- **Exercise instructions**
Return only those lines of the records below in which "subarray" appears.

- **Data excerpts**

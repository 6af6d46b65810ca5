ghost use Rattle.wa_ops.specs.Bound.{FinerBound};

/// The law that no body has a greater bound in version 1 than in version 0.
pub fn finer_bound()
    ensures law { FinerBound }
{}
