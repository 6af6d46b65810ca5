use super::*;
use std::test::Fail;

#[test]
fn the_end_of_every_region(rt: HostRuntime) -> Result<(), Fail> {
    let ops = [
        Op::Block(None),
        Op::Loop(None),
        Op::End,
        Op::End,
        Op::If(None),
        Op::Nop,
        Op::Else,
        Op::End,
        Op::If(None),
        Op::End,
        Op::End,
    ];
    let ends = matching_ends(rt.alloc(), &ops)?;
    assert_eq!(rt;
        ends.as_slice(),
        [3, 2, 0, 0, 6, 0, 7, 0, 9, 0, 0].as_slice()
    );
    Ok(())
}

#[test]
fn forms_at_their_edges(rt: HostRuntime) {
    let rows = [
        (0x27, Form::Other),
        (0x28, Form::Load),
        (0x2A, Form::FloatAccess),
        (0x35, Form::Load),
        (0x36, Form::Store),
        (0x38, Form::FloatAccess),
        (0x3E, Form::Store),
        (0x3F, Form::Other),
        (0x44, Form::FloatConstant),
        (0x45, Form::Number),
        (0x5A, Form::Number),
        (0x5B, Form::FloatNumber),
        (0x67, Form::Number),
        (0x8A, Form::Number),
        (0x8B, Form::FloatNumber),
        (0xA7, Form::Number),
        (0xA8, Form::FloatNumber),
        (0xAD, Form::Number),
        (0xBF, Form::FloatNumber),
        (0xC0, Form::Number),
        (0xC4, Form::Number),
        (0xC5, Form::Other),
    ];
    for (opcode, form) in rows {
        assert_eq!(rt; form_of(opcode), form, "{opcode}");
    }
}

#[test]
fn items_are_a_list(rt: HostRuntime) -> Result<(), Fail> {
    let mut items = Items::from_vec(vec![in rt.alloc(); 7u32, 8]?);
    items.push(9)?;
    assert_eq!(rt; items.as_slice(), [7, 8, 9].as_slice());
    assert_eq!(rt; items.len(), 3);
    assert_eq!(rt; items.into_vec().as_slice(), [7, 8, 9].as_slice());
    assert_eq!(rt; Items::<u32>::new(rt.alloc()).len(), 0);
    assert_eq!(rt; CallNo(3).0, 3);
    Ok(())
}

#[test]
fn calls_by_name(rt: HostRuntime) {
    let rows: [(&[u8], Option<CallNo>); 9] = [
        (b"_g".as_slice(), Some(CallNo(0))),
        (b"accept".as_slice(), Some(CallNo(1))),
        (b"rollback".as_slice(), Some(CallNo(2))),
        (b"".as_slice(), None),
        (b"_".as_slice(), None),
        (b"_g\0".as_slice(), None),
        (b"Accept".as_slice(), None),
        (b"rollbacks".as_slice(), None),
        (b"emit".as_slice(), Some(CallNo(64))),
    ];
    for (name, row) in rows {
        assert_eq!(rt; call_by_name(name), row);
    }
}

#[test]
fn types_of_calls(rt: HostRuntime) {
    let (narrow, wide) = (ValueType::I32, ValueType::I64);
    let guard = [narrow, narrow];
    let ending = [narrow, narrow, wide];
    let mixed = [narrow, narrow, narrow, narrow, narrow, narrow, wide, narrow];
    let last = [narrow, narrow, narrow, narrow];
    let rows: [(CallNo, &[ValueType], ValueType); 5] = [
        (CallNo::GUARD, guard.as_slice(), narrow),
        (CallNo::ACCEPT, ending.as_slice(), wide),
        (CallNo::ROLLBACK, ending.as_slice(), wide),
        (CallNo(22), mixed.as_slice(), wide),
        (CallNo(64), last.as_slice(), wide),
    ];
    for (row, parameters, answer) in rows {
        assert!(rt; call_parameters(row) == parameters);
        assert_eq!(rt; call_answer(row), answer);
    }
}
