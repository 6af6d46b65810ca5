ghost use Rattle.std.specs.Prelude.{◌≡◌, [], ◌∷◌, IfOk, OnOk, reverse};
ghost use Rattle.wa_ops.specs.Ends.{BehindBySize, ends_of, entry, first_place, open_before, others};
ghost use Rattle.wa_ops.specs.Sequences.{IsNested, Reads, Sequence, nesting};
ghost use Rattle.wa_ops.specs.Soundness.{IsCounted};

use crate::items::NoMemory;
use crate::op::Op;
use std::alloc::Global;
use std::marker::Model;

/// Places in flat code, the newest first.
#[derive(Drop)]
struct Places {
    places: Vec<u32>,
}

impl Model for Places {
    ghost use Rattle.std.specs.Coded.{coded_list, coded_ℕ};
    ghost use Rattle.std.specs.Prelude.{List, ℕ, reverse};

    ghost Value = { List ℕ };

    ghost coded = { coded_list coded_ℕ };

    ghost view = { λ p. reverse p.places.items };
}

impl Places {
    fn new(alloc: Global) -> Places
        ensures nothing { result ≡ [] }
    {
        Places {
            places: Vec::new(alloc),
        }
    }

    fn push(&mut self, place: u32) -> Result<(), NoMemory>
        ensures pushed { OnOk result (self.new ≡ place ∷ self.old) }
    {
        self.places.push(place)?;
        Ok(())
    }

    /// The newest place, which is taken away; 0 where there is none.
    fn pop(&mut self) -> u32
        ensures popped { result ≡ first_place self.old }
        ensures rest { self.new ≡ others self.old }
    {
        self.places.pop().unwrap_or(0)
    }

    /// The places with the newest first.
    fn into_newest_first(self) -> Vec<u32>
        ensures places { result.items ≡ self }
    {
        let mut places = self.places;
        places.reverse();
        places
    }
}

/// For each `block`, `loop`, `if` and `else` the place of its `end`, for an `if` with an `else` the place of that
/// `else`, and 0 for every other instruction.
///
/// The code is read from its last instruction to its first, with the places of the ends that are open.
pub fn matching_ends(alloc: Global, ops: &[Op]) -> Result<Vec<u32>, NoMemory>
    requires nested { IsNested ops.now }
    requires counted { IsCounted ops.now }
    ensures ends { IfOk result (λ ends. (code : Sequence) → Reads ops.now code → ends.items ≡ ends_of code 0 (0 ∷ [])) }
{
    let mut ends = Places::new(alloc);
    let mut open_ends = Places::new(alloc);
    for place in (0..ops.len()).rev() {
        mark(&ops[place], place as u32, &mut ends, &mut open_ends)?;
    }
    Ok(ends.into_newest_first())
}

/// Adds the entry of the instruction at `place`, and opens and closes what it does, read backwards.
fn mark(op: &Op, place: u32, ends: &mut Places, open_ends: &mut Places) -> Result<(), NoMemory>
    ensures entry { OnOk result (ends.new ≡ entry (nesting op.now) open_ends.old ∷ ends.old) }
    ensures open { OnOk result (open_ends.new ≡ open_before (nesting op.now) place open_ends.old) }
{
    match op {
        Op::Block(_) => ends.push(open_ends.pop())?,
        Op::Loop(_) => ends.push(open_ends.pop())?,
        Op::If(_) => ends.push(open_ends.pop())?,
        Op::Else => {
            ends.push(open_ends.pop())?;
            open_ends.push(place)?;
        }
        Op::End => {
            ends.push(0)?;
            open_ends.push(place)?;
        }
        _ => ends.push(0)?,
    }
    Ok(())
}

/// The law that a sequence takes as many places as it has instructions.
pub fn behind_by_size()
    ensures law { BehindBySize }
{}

==

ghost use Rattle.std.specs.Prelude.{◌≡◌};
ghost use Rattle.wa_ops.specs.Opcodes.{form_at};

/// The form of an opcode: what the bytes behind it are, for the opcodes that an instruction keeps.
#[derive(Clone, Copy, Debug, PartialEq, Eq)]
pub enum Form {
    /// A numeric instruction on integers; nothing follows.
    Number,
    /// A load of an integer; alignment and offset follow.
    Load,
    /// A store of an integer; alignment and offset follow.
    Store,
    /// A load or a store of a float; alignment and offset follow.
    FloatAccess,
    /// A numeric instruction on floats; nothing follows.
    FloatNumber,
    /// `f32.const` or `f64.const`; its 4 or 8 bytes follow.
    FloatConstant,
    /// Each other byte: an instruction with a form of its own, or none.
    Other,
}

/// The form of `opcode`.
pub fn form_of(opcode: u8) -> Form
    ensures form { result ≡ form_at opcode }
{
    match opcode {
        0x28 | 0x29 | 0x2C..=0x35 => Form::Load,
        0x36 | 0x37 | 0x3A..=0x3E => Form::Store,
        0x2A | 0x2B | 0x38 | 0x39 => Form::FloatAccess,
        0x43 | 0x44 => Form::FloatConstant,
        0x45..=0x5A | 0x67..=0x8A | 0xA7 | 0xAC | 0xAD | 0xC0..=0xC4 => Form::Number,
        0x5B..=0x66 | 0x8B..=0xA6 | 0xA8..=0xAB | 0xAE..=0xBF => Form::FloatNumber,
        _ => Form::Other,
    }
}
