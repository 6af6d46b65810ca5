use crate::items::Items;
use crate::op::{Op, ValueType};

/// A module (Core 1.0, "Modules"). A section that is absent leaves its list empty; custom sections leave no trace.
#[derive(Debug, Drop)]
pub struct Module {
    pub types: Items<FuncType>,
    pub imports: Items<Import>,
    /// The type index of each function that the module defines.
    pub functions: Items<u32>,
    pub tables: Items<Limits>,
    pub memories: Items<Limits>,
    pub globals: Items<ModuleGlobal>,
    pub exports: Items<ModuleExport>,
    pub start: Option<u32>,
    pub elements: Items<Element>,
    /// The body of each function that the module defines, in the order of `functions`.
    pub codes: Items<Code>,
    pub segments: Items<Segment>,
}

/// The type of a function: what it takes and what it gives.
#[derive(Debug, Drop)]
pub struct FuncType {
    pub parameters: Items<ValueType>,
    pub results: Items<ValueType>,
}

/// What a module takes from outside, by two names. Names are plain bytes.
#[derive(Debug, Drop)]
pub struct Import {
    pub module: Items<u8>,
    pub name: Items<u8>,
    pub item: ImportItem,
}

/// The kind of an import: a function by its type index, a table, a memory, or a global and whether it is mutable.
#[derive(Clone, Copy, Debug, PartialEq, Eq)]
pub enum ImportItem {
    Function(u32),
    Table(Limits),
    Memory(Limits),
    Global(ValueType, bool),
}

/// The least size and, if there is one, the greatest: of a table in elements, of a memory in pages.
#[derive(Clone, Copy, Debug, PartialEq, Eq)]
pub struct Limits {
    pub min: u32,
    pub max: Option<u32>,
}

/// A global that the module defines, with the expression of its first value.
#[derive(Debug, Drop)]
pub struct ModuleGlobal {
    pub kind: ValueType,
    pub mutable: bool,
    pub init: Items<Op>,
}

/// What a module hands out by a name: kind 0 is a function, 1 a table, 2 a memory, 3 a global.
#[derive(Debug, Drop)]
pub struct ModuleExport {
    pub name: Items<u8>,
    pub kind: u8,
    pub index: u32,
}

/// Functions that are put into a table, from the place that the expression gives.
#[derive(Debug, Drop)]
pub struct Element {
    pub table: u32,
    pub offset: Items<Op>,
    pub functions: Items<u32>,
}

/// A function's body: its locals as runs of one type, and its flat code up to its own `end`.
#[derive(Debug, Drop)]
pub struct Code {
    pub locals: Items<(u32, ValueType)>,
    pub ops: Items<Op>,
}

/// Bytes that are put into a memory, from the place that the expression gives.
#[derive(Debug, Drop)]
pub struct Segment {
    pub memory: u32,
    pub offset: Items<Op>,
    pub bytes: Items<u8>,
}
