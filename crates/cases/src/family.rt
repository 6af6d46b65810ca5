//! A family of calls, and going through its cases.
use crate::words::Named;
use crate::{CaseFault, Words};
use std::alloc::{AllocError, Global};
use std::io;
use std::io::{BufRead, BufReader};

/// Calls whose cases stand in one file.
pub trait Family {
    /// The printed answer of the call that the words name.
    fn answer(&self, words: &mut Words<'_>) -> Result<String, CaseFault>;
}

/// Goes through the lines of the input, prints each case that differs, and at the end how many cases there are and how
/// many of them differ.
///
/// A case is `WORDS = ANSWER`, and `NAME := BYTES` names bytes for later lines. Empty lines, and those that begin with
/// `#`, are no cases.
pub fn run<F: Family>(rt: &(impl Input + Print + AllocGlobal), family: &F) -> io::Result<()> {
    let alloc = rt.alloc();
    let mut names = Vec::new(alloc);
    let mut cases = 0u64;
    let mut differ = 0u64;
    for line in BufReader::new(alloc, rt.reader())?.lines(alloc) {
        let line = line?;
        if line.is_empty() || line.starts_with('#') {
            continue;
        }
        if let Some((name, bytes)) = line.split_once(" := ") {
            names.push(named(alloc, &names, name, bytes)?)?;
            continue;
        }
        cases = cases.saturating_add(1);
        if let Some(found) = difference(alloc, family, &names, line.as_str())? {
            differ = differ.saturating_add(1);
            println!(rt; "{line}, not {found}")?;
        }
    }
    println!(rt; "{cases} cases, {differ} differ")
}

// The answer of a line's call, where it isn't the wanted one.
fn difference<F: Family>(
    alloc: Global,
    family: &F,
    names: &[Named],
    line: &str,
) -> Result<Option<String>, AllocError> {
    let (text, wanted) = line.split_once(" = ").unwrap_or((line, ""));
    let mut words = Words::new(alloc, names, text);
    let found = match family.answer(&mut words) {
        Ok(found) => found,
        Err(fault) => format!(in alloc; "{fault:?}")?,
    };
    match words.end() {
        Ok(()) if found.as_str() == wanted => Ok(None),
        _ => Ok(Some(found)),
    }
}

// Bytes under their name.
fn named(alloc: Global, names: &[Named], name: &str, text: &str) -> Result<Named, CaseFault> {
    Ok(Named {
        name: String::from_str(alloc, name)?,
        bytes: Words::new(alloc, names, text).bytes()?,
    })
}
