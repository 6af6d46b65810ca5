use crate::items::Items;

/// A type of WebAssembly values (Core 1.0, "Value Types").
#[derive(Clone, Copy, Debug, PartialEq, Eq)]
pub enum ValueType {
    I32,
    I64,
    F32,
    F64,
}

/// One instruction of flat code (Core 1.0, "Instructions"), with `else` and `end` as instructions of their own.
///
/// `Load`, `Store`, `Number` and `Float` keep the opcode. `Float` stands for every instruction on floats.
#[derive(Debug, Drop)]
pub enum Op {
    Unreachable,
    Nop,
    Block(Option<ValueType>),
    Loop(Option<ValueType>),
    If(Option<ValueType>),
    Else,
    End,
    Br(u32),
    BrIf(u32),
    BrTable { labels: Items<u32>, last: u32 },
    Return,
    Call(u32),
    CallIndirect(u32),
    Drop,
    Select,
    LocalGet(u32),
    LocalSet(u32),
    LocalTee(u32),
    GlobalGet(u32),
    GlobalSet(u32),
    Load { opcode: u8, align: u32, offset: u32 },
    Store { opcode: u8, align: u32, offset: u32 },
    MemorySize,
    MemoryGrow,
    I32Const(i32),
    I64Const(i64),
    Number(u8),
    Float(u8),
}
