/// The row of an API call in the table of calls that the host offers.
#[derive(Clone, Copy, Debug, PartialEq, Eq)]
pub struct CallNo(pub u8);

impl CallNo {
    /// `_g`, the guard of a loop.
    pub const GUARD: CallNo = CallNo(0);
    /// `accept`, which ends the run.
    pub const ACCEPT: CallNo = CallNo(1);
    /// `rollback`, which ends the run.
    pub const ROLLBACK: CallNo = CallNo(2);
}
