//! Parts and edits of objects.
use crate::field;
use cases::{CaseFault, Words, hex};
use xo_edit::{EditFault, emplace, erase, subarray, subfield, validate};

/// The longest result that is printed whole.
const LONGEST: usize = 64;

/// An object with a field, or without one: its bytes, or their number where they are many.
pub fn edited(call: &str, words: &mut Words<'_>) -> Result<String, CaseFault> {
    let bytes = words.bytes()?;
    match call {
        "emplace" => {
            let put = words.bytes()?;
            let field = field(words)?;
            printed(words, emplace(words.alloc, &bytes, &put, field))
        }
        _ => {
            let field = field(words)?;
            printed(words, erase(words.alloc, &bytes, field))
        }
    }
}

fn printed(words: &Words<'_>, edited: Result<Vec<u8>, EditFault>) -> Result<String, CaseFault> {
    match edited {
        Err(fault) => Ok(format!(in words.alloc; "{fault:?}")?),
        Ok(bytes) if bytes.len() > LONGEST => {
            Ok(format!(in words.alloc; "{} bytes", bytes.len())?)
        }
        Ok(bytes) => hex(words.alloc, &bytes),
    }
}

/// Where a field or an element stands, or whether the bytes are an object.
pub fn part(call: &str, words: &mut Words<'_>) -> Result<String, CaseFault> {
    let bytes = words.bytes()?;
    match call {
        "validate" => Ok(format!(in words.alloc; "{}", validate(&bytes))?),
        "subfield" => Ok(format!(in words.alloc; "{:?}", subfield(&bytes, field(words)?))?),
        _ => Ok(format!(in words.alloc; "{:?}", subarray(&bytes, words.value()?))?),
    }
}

==

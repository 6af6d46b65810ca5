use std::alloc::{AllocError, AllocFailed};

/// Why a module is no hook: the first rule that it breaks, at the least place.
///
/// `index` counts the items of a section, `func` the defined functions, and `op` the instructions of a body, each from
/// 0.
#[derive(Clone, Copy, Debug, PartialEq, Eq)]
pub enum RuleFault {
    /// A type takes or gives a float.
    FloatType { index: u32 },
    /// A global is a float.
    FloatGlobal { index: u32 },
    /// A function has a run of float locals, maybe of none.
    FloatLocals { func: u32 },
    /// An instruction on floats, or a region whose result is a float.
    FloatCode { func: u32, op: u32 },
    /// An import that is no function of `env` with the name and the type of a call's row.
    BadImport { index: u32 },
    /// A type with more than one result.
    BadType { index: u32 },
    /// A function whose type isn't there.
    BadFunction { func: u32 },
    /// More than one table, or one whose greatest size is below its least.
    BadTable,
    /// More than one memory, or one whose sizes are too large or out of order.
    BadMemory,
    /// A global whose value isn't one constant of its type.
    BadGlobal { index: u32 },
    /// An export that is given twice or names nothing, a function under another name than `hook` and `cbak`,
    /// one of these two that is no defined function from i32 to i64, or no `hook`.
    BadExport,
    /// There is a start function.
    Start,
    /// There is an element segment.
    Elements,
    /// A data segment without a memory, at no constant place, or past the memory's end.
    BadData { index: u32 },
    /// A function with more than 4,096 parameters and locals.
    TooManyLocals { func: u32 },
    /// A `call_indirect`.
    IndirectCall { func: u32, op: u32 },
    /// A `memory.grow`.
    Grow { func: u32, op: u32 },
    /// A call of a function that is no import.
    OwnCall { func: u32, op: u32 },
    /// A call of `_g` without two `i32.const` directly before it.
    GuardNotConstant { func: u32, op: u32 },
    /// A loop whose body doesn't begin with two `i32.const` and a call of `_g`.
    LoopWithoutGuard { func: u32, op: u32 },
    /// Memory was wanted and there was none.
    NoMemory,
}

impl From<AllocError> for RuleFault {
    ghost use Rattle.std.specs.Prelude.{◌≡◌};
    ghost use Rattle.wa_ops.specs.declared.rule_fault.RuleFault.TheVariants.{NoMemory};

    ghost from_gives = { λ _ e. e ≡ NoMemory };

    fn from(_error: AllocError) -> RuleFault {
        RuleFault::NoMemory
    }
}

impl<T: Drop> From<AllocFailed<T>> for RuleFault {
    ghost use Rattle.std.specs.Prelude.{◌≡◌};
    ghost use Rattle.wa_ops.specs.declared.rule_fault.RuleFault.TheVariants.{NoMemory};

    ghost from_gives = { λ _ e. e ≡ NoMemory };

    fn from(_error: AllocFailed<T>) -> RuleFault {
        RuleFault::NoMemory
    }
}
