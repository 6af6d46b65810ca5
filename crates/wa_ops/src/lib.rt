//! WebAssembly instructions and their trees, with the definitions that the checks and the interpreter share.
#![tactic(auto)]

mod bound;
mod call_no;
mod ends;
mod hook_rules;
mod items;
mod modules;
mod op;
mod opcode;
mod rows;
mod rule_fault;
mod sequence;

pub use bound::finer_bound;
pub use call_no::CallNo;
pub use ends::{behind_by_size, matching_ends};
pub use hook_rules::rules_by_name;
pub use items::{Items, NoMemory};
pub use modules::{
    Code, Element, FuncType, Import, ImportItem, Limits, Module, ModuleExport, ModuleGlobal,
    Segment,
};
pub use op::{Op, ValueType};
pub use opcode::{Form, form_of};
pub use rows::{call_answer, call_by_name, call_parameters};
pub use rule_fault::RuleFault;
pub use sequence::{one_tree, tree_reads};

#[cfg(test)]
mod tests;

- **Output of the exercise**
use xo_edit::{EditFault, emplace, erase, subarray, subfield, validate};
        _ => Ok(format!(in words.alloc; "{:?}", subarray(&bytes, words.value()?))?),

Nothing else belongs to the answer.